Anyone can be a biochemist

No, but biochemists should also know how to build a structure, cook, raise kids, run a small business affair, and read philosophy. It's not that everyone can be something, it's that everyone should be many things.

mycomancy
Oct 16, 2016

Epitope posted:

I was just joshing ya, since 10 minutes ago you were giving that guy a hard time for daring to think he could dabble in your specialization

Is this gangstalking?

mycomancy
Oct 16, 2016

christmas boots posted:

I would send Lenin/Stalin/Trotsky a copy of this video

https://www.youtube.com/watch?v=MNacQaHJqEs

Holy poo poo

mycomancy
Oct 16, 2016

Top City Homo posted:

My wife's mom graduated from a Minsk university at the top of her class and they gave her a giant book and said you can work anywhere you want, in any republic for any position related to her field, no questions asked

Why?

mycomancy
Oct 16, 2016

Top City Homo posted:

because she was a good student and everyone was guaranteed a job

she got a professorial position in Russian literature

imagine becoming a professor of english literature right after graduation in the US

Let me clarify my question: did she earn the right to take whatever position she wanted because of her performance or for some other factor, like rarity of her skillet?

mycomancy
Oct 16, 2016
Quote isn't edit.

mycomancy
Oct 16, 2016

500 good dogs posted:

did you miss the "top of her class" part or are you doubting that is what earned her the position?

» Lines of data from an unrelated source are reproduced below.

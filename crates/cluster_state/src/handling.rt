//! Requests to the own node.

ghost use Rattle.std.specs.Prelude.{◌≡◌, ◌≢◌, [], IfOk, OnErr, Some, true};
ghost use Rattle.run_laws.specs.OrderEvents.{IsInStep};
ghost use Rattle.run_laws.specs.Places.{stepping};
ghost use Rattle.run_words.specs.Askers.{range_asked};
ghost use Rattle.run_words.specs.History.{History};
ghost use Rattle.run_words.specs.Logs.{log_of};
ghost use Rattle.run_words.specs.Nodes.{is_running};
ghost use Rattle.run_words.specs.Ranges.{HoldsReplica};
ghost use Rattle.cluster_state.specs.Handled.{HasHandled};
ghost use Rattle.cluster_state.specs.Tied.{HasMade, IsTied, IsUnrecorded, past, the_setup};

use crate::serving::answer_at;
use crate::state::State;
use mr_base::{Memory, NodeId, Reply, Request};
use node_states::range_asked;
use range_replicas::majority_is_more_than_half;
use std::alloc::Global;

impl State {
    /// A node handles a request in a step of its own, and gives the reply, if there is one.
    pub fn handle_here(
        &mut self,
        alloc: Global,
        node: NodeId,
        q: &Request,
    ) -> Result<Option<Reply>, Memory>
        requires tied { IsTied self.old }
        requires placed { IsInStep (past self.old) }
        requires node { stepping (past self.old) ≡ Some node }
        requires running { is_running (the_setup self.old) (past self.old) node ≡ true }
        requires replica { HoldsReplica (the_setup self.old) (past self.old) node (range_asked q.now) }
        requires begun { log_of (the_setup self.old) (past self.old) (range_asked q.now) ≢ [] }
        ensures handled { IfOk result (λ reply. (items : History)
            × HasHandled (the_setup self.old) (past self.old) node q.now reply items × HasMade items self.old self.new) }
        ensures err { OnErr result (IsUnrecorded self.old self.new) }
    {
        majority_is_more_than_half();
        let number = range_asked(q);
        let clock = self.nodes[(node.0 - 1) as usize].clock.reading();
        let answered = answer_at(
            alloc,
            &mut self.ranges[(number.0 - 1) as usize],
            node,
            clock,
            &self.stage.settings,
            self.running,
            q,
        )?;
        self.ledger.write_all(answered.entries)?;
        Ok(answered.reply)
    }
}
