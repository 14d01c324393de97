//! Readers of single tokens. Each answers what it read and the tokens after it.

ghost use Rattle.std.specs.Prelude.{◌≡◌, [], ◌∷◌, true, false, drop, nat_eq, IfSome, IfNone};
ghost use Rattle.region_sql.specs.Grammar.{word, mark, of_kind, column_type, equals, name, literal, compare, integer, taken_away};
ghost use Rattle.region_sql.specs.Reading.{Gives, parse, begins, first};
ghost use Rattle.region_sql.specs.Tokens.{kind_of, key_number, soft_number, sign_number};

use crate::region_statements::ColumnType;
use crate::row_statements::{Comparison, Literal};
use crate::stuck::Stuck;
use crate::tokens::{Key, Sign, Soft, Token};
use mr_base::{Bytes, CloneIn};
use std::alloc::Global;

/// Whether the token is this key word.
fn is_key(token: &Token, key: Key) -> bool
    ensures { result ≡ nat_eq (key_number key) (kind_of token.now) }
{
    match token {
        Token::Key(found) => key == *found,
        _ => false,
    }
}

/// Whether the token is this sign.
fn is_sign(token: &Token, sign: Sign) -> bool
    ensures { result ≡ nat_eq (sign_number sign) (kind_of token.now) }
{
    match token {
        Token::Sign(found) => sign == *found,
        _ => false,
    }
}

/// Whether the token is this soft key word.
fn is_soft(token: &Token, soft: Soft) -> bool
    ensures { result ≡ nat_eq (soft_number soft) (kind_of token.now) }
{
    match token {
        Token::Soft(found) => soft == *found,
        _ => false,
    }
}

/// The tokens after this key word, where it is the first token.
pub(crate) fn after_key(tokens: &[Token], key: Key) -> Option<&[Token]>
    ensures found { IfSome result (λ rest. (begins (key_number key ∷ []) tokens.now ≡ true)
        × (rest.now ≡ drop 1 tokens.now)) }
    ensures none { IfNone result (begins (key_number key ∷ []) tokens.now ≡ false) }
{
    let (first, rest) = tokens.split_first()?;
    if is_key(first, key) { Some(rest) } else { None }
}

/// The tokens after this sign, where it is the first token.
pub(crate) fn after_sign(tokens: &[Token], sign: Sign) -> Option<&[Token]>
    ensures found { IfSome result (λ rest. (begins (sign_number sign ∷ []) tokens.now ≡ true)
        × (rest.now ≡ drop 1 tokens.now)) }
    ensures none { IfNone result (begins (sign_number sign ∷ []) tokens.now ≡ false) }
{
    let (first, rest) = tokens.split_first()?;
    if is_sign(first, sign) {
        Some(rest)
    } else {
        None
    }
}

/// The tokens after this soft key word, where it is the first token.
fn after_soft(tokens: &[Token], soft: Soft) -> Option<&[Token]>
    ensures found { IfSome result (λ rest. (begins (soft_number soft ∷ []) tokens.now ≡ true)
        × (rest.now ≡ drop 1 tokens.now)) }
    ensures none { IfNone result (begins (soft_number soft ∷ []) tokens.now ≡ false) }
{
    let (first, rest) = tokens.split_first()?;
    if is_soft(first, soft) {
        Some(rest)
    } else {
        None
    }
}

/// Whether the first token is this key word.
pub(crate) fn begins_with_key(tokens: &[Token], key: Key) -> bool
    ensures { result ≡ begins (key_number key ∷ []) tokens.now }
{
    after_key(tokens, key).is_some()
}

/// Whether the first token is this sign.
pub(crate) fn begins_with_sign(tokens: &[Token], sign: Sign) -> bool
    ensures { result ≡ begins (sign_number sign ∷ []) tokens.now }
{
    after_sign(tokens, sign).is_some()
}

/// Whether the first token is this soft key word.
pub(crate) fn begins_with_soft(tokens: &[Token], soft: Soft) -> bool
    ensures { result ≡ begins (soft_number soft ∷ []) tokens.now }
{
    after_soft(tokens, soft).is_some()
}

/// Passes this key word.
#[tactic(auto, using(crate::proofs::OneKind::passed, crate::proofs::OneKind::stuck_before))]
pub(crate) fn pass_key(tokens: &[Token], key: Key) -> Result<&[Token], Stuck>
    ensures { Gives (λ rest. (tt, rest.now)) result (parse (word key) tokens.now) }
{
    match after_key(tokens, key) {
        Some(rest) => Ok(rest),
        None => Err(Stuck::At(tokens.len())),
    }
}

/// Passes this sign.
#[tactic(auto, using(crate::proofs::OneKind::passed, crate::proofs::OneKind::stuck_before))]
pub(crate) fn pass_sign(tokens: &[Token], sign: Sign) -> Result<&[Token], Stuck>
    ensures { Gives (λ rest. (tt, rest.now)) result (parse (mark sign) tokens.now) }
{
    match after_sign(tokens, sign) {
        Some(rest) => Ok(rest),
        None => Err(Stuck::At(tokens.len())),
    }
}

/// Passes this soft key word.
#[tactic(auto, using(crate::proofs::OneKind::passed, crate::proofs::OneKind::stuck_before))]
pub(crate) fn pass_soft(tokens: &[Token], soft: Soft) -> Result<&[Token], Stuck>
    ensures { Gives (λ rest. (tt, rest.now)) result (parse (of_kind (soft_number soft)) tokens.now) }
{
    match after_soft(tokens, soft) {
        Some(rest) => Ok(rest),
        None => Err(Stuck::At(tokens.len())),
    }
}

/// Passes `=`.
pub(crate) fn pass_equals(tokens: &[Token]) -> Result<&[Token], Stuck>
    ensures { Gives (λ rest. (tt, rest.now)) result (parse equals tokens.now) }
{
    match tokens {
        [Token::Compare(Comparison::Eq), rest @ ..] => Ok(rest),
        _ => Err(Stuck::At(tokens.len())),
    }
}

/// The type of a column.
#[tactic(auto, unfolding(crate::specs::Grammar::column_type))]
pub(crate) fn type_of(tokens: &[Token]) -> Result<(ColumnType, &[Token]), Stuck>
    ensures { Gives (λ x. (x.0, x.1.now)) result (parse column_type tokens.now) }
{
    match tokens {
        [Token::Type(ty), rest @ ..] => Ok((*ty, rest)),
        _ => Err(Stuck::At(tokens.len())),
    }
}

/// Whether the first token is a literal.
#[tactic(auto, unfolding(crate::specs::Grammar::literal))]
pub(crate) fn begins_with_literal(tokens: &[Token]) -> bool
    ensures { result ≡ begins (first literal) tokens.now }
{
    matches!(
        tokens,
        [
            Token::Integer(_) | Token::Negative { .. } | Token::Text(_) | Token::Bool(_),
            ..
        ]
    )
}

/// A name: a word that is no key word, or a quoted name.
#[tactic(auto, unfolding(crate::specs::Grammar::name))]
pub(crate) fn name_of(alloc: Global, tokens: &[Token]) -> Result<(Bytes, &[Token]), Stuck>
    ensures { Gives (λ x. (x.0, x.1.now)) result (parse name tokens.now) }
{
    match tokens {
        [Token::Name(text), rest @ ..] => Ok((text.clone_in(alloc)?, rest)),
        [Token::Soft(word), rest @ ..] => Ok((word.text(alloc)?, rest)),
        _ => Err(Stuck::At(tokens.len())),
    }
}

/// A literal.
#[tactic(auto, unfolding(crate::specs::Grammar::literal))]
pub(crate) fn literal_of(alloc: Global, tokens: &[Token]) -> Result<(Literal, &[Token]), Stuck>
    ensures { Gives (λ x. (x.0, x.1.now)) result (parse literal tokens.now) }
{
    match tokens {
        [Token::Integer(n), rest @ ..] => Ok((Literal::Int(*n), rest)),
        [Token::Negative { literal, .. }, rest @ ..] => Ok((Literal::Int(*literal), rest)),
        [Token::Text(text), rest @ ..] => Ok((Literal::Text(text.clone_in(alloc)?), rest)),
        [Token::Bool(b), rest @ ..] => Ok((Literal::Bool(*b), rest)),
        _ => Err(Stuck::At(tokens.len())),
    }
}

/// How a term compares.
#[tactic(auto, unfolding(crate::specs::Grammar::compare))]
pub(crate) fn comparison_of(tokens: &[Token]) -> Result<(Comparison, &[Token]), Stuck>
    ensures { Gives (λ x. (x.0, x.1.now)) result (parse compare tokens.now) }
{
    match tokens {
        [Token::Compare(op), rest @ ..] => Ok((*op, rest)),
        _ => Err(Stuck::At(tokens.len())),
    }
}

/// An integer without a sign of its own.
#[tactic(auto, unfolding(crate::specs::Grammar::integer))]
pub(crate) fn integer_of(tokens: &[Token]) -> Result<(i128, &[Token]), Stuck>
    ensures { Gives (λ x. (x.0, x.1.now)) result (parse integer tokens.now) }
{
    match tokens {
        [Token::Integer(n), rest @ ..] => Ok((*n, rest)),
        _ => Err(Stuck::At(tokens.len())),
    }
}

/// What a minus directly before an integer takes away.
#[tactic(auto, unfolding(crate::specs::Grammar::taken_away))]
pub(crate) fn taken_of(tokens: &[Token]) -> Result<(i128, &[Token]), Stuck>
    ensures { Gives (λ x. (x.0, x.1.now)) result (parse taken_away tokens.now) }
{
    match tokens {
        [Token::Negative { by, .. }, rest @ ..] => Ok((*by, rest)),
        _ => Err(Stuck::At(tokens.len())),
    }
}
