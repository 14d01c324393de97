//! Statements on rows. Source: PostgreSQL's forms of the same names, in this project's profile.

use mr_base::{Bytes, ListOf};

/// A value as written. An integer of up to 30 digits is kept as it stands, so that one that is no i64
/// is a fault of its own and no fault of syntax.
#[derive(Drop)]
pub enum Literal {
    Int(i128),
    Text(Bytes),
    Bool(bool),
}

/// The literals of one row of VALUES.
pub type Literals = ListOf<Literal>;

/// How a term compares.
#[derive(Clone, Copy)]
pub enum Comparison {
    /// =
    Eq,
    /// <
    Lt,
    /// <=
    Le,
    /// >
    Gt,
    /// >=
    Ge,
    /// <>
    Ne,
}

/// A condition of WHERE.
#[derive(Drop)]
pub struct Term {
    pub column: Bytes,
    pub op: Comparison,
    pub literal: Literal,
}

/// What UPDATE sets a column to.
#[derive(Drop)]
pub enum Value {
    Literal(Literal),
    Column(Bytes),
    /// column + by
    Plus { column: Bytes, by: i128 },
    /// column - by
    Minus { column: Bytes, by: i128 },
}

/// A column that UPDATE sets.
#[derive(Drop)]
pub struct Target {
    pub column: Bytes,
    pub value: Value,
}

/// What SELECT answers.
#[derive(Drop)]
pub enum Wanted {
    /// *
    All,
    Columns(ListOf<Bytes>),
    /// count(*)
    Count,
}

/// A statement on the rows of one table.
#[derive(Drop)]
pub enum RowStatement {
    Insert {
        table: Bytes,
        columns: ListOf<Bytes>,
        rows: ListOf<Literals>,
    },
    Select {
        table: Bytes,
        wanted: Wanted,
        terms: ListOf<Term>,
    },
    Update {
        table: Bytes,
        targets: ListOf<Target>,
        terms: ListOf<Term>,
    },
    Delete {
        table: Bytes,
        terms: ListOf<Term>,
    },
}
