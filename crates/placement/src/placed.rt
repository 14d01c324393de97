//! The placement of a configuration over the nodes of a cluster.

ghost use Rattle.std.specs.Prelude.{◌≡◌, [], None, Some, IfErr, IfOk};
ghost use Rattle.region_sql.specs.declared.region_statements.Goal.TheVariants as goals;
ghost use Rattle.zone_compile.specs.Configuration.{HasForm};
ghost use Rattle.placement.specs.Majority.{SurvivesLosses};
ghost use Rattle.placement.specs.Fitting.{Fits, ServeFor, constrained_regions};
ghost use Rattle.placement.specs.Placing.{Answers, IsRefusal, NoneFits, lack_at, lack_of, placed_at, placement_of};

use crate::chosen::{each_at, from_place, lowest, nodes_in, one_per_zone, two_and_three};
use crate::placement_types::{PlaceRefusal, Placement};
use mr_base::{Bytes, CloneIn, ListOf, NodeInfo};
use region_sql::Goal;
use std::alloc::Global;
use zone_compile::ZoneConfig;

/// The nodes of a range's voters and of its other replicas, taken in the order of their numbers: a
/// placement that fits the configuration and keeps a majority of its voters after any one loss of the
/// kind that the configuration's goal names. It is refused for want of nodes only where no placement
/// fits.
pub fn place(alloc: Global, c: &ZoneConfig, nodes: &[NodeInfo]) -> Result<Placement, PlaceRefusal>
    requires form { HasForm c.now }
    requires nodes { ServeFor c.now nodes.now }
    ensures fits { IfOk result (Fits c.now nodes.now) }
    ensures none_fits { IfErr result (NoneFits c.now nodes.now) }
    ensures survives { IfOk result (λ p. SurvivesLosses c.now.goal nodes.now p.voters) }

    // Which nodes they are, and what is lacking where there are none.
    ensures placement { IfOk result (λ p. p ≡ placement_of c.now nodes.now) }
    ensures lacks_nothing { IfOk result (λ _. lack_of c.now nodes.now ≡ None) }
    ensures lack { IfErr result (IsRefusal c.now.lease (lack_of c.now nodes.now)) }
{
    chosen(alloc, c, nodes)
}

pub(crate) fn chosen(
    alloc: Global,
    c: &ZoneConfig,
    nodes: &[NodeInfo],
) -> Result<Placement, PlaceRefusal>
    ensures { Answers c.now.lease (lack_of c.now nodes.now) (placement_of c.now nodes.now) result }
{
    match &c.lease {
        None => alone(alloc, nodes),
        Some(home) => match c.goal {
            None => alone(alloc, nodes),
            Some(Goal::Zone) => over_zones(alloc, c, home, nodes),
            Some(Goal::Region) => over_regions(alloc, c, home, nodes),
        },
    }
}

/// The lowest node alone.
fn alone(alloc: Global, nodes: &[NodeInfo]) -> Result<Placement, PlaceRefusal>
    ensures { Answers None None (placed_at None None [] nodes.now) result }
{
    let voters = lowest(alloc, nodes)?;
    Ok(Placement {
        voters: ListOf::from_vec(voters),
        others: ListOf::new(alloc),
    })
}

/// Three voters in zones of the home region, and the lowest node of each other region.
fn over_zones(
    alloc: Global,
    c: &ZoneConfig,
    home: &Bytes,
    nodes: &[NodeInfo],
) -> Result<Placement, PlaceRefusal>
    ensures { Answers (Some home.now) (lack_at (Some home.now) (Some goals.Zone) (constrained_regions c.now) nodes.now) (placed_at (Some home.now) (Some goals.Zone) (constrained_regions c.now) nodes.now) result }
{
    let mut voters = one_per_zone(alloc, nodes, home)?;
    let zones = voters.len();
    if zones < 3 {
        return Err(unplaceable(alloc, home, 3, zones as u32));
    }
    voters.truncate(3);
    let others = each_at(alloc, c.constraints.as_slice(), home, nodes, 0)?;
    Ok(Placement {
        voters: ListOf::from_vec(voters),
        others: ListOf::from_vec(others),
    })
}

/// Two voters in the home region and three in others.
fn over_regions(
    alloc: Global,
    c: &ZoneConfig,
    home: &Bytes,
    nodes: &[NodeInfo],
) -> Result<Placement, PlaceRefusal>
    ensures { Answers (Some home.now) (lack_at (Some home.now) (Some goals.Region) (constrained_regions c.now) nodes.now) (placed_at (Some home.now) (Some goals.Region) (constrained_regions c.now) nodes.now) result }
{
    let at_home = nodes_in(alloc, nodes, home)?;
    let found = at_home.len();
    if found < 2 {
        return Err(unplaceable(alloc, home, 2, found as u32));
    }
    let lowest = each_at(alloc, c.constraints.as_slice(), home, nodes, 0)?;
    let second = each_at(alloc, c.constraints.as_slice(), home, nodes, 1)?;
    let voters = two_and_three(at_home, lowest.as_slice(), second.as_slice())?;
    if voters.len() < 5 {
        return Err(unplaceable(alloc, home, 5, 4));
    }
    let others = from_place(alloc, lowest.as_slice(), 3)?;
    Ok(Placement {
        voters: ListOf::from_vec(voters),
        others: ListOf::from_vec(others),
    })
}

/// The refusal that names the home region, unless memory runs out.
fn unplaceable(alloc: Global, home: &Bytes, wanted: u32, found: u32) -> PlaceRefusal
    ensures { IsRefusal (Some home.now) (Some (wanted, found)) result }
{
    match home.clone_in(alloc) {
        Ok(region) => PlaceRefusal::Unplaceable {
            region,
            wanted,
            found,
        },
        Err(_) => PlaceRefusal::Memory,
    }
}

No, I was clarifying my initial question.

mycomancy
Oct 16, 2016

Top City Homo posted:

she earned her position.

socialism is basically the only society where meritocracy can be considered as "merit" based not just another phrase for lottery of birth

Awesome.

mycomancy
Oct 16, 2016

dead gay comedy forums posted:

I'd imagined it was something more or less like this, particularly in opposition to russification carried during the empire days

Weird to learn how these evil Soviets *checks notes* respected local autonomy and culture of the republics of which they were comprised?

mycomancy
Oct 16, 2016

indigi posted:

I’m not going to lie. that sounds like the most boring poo poo ever

:wtf:

mycomancy
Oct 16, 2016

Pener Kropoopkin posted:

we're already on the euphronius page

loving lmao

mycomancy
Oct 16, 2016

yr new gurlfrand! posted:

I don’t know how to deal with the trauma of the USSR having been created and then failing due to internal contradictions and cooptation

inspiring read though

Don't forget the entire international community was fighting the USSR tooth and nail for its entire existence, and it still took a bunch of feudal bumblefuck nations and turned them into a nuclear superpower that won the space race.

mycomancy
Oct 16, 2016
Actually, you'll find that "eating all the rich" is a form of Marxist genocide. I am highly intelligent.

mycomancy
Oct 16, 2016

Fish of hemp posted:

I laughed heartily to the East German defectors who were shocked that in the West you have to actually work for a living.

lmao, get wrecked

mycomancy
Oct 16, 2016

Raskolnikov38 posted:

yeah I wish I understood biology because cell stuff is really interesting but gently caress organic chem to the 9th circle of hell

Biology has one overarching theme: the basic processes of life happens when things touch or stick together. Whether we're talking about enzymes catalyzing a metabolic reaction or DNA being transcribed then translated to protein, all of it happens when goop sticks to other goop then new goop comes out.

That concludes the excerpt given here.